[Start of section]

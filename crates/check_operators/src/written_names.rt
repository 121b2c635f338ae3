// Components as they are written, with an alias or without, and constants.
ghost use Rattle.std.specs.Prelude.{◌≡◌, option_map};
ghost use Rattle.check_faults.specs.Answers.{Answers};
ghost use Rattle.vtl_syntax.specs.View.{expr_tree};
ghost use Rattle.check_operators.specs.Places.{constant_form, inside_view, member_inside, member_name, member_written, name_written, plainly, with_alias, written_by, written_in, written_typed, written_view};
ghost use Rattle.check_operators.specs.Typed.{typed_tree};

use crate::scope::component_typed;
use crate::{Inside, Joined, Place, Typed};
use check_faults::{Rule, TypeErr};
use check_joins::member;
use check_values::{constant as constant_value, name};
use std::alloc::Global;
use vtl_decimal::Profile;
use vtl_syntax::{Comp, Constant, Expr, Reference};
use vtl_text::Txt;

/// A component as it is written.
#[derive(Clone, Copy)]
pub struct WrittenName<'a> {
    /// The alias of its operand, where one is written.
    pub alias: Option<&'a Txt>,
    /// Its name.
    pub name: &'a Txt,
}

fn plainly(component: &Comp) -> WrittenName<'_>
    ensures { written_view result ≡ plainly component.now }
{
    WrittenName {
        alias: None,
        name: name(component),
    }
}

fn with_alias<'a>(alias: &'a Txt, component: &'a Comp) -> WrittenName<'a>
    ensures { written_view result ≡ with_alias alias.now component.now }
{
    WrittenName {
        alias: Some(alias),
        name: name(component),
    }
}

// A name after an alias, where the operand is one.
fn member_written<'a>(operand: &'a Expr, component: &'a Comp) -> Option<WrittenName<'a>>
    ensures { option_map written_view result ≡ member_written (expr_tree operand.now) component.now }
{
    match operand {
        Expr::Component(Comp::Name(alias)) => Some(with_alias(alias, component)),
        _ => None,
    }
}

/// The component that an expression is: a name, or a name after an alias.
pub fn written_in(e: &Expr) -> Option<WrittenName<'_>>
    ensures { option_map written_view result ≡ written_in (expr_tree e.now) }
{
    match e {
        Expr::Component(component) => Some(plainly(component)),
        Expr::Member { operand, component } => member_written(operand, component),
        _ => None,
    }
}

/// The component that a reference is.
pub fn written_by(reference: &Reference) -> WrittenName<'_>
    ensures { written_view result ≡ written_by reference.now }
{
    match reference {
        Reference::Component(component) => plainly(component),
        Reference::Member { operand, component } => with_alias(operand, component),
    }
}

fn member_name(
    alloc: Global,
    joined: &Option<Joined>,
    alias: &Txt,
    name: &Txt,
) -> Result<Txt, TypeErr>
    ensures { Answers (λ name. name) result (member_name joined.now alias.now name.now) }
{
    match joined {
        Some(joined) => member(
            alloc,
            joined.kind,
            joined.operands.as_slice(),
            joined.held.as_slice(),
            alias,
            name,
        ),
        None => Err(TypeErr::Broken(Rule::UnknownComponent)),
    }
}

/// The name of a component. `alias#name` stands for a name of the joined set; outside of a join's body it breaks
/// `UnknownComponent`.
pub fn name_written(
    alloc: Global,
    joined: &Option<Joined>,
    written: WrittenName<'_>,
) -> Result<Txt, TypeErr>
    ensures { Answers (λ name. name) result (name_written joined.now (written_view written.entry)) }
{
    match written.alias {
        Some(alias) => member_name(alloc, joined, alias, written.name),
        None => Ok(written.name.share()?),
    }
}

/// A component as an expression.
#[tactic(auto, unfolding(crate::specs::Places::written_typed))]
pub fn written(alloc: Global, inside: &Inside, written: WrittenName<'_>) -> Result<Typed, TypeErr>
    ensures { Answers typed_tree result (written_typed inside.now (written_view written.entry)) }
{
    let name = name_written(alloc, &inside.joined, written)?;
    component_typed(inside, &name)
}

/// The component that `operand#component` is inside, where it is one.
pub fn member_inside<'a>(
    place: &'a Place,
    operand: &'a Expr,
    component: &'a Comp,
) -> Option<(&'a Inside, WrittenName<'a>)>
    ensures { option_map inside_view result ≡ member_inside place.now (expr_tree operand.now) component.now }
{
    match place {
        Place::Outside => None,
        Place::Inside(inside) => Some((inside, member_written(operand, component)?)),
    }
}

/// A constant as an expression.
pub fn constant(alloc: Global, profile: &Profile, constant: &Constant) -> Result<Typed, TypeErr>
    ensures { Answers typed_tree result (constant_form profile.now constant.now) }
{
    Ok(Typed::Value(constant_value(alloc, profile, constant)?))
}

[End of section]

Work request - Using only the entries above, output the line with "repository 121b2c635f338ae3", the line with "fn plainly(component: &Comp)", and all lines between them, exactly as they stand.

Exercise response -
repository 121b2c635f338ae3
// Components as they are written, with an alias or without, and constants.
ghost use Rattle.std.specs.Prelude.{◌≡◌, option_map};
ghost use Rattle.check_faults.specs.Answers.{Answers};
ghost use Rattle.vtl_syntax.specs.View.{expr_tree};
ghost use Rattle.check_operators.specs.Places.{constant_form, inside_view, member_inside, member_name, member_written, name_written, plainly, with_alias, written_by, written_in, written_typed, written_view};
ghost use Rattle.check_operators.specs.Typed.{typed_tree};

use crate::scope::component_typed;
use crate::{Inside, Joined, Place, Typed};
use check_faults::{Rule, TypeErr};
use check_joins::member;
use check_values::{constant as constant_value, name};
use std::alloc::Global;
use vtl_decimal::Profile;
use vtl_syntax::{Comp, Constant, Expr, Reference};
use vtl_text::Txt;

/// A component as it is written.
#[derive(Clone, Copy)]
pub struct WrittenName<'a> {
    /// The alias of its operand, where one is written.
    pub alias: Option<&'a Txt>,
    /// Its name.
    pub name: &'a Txt,
}

fn plainly(component: &Comp) -> WrittenName<'_>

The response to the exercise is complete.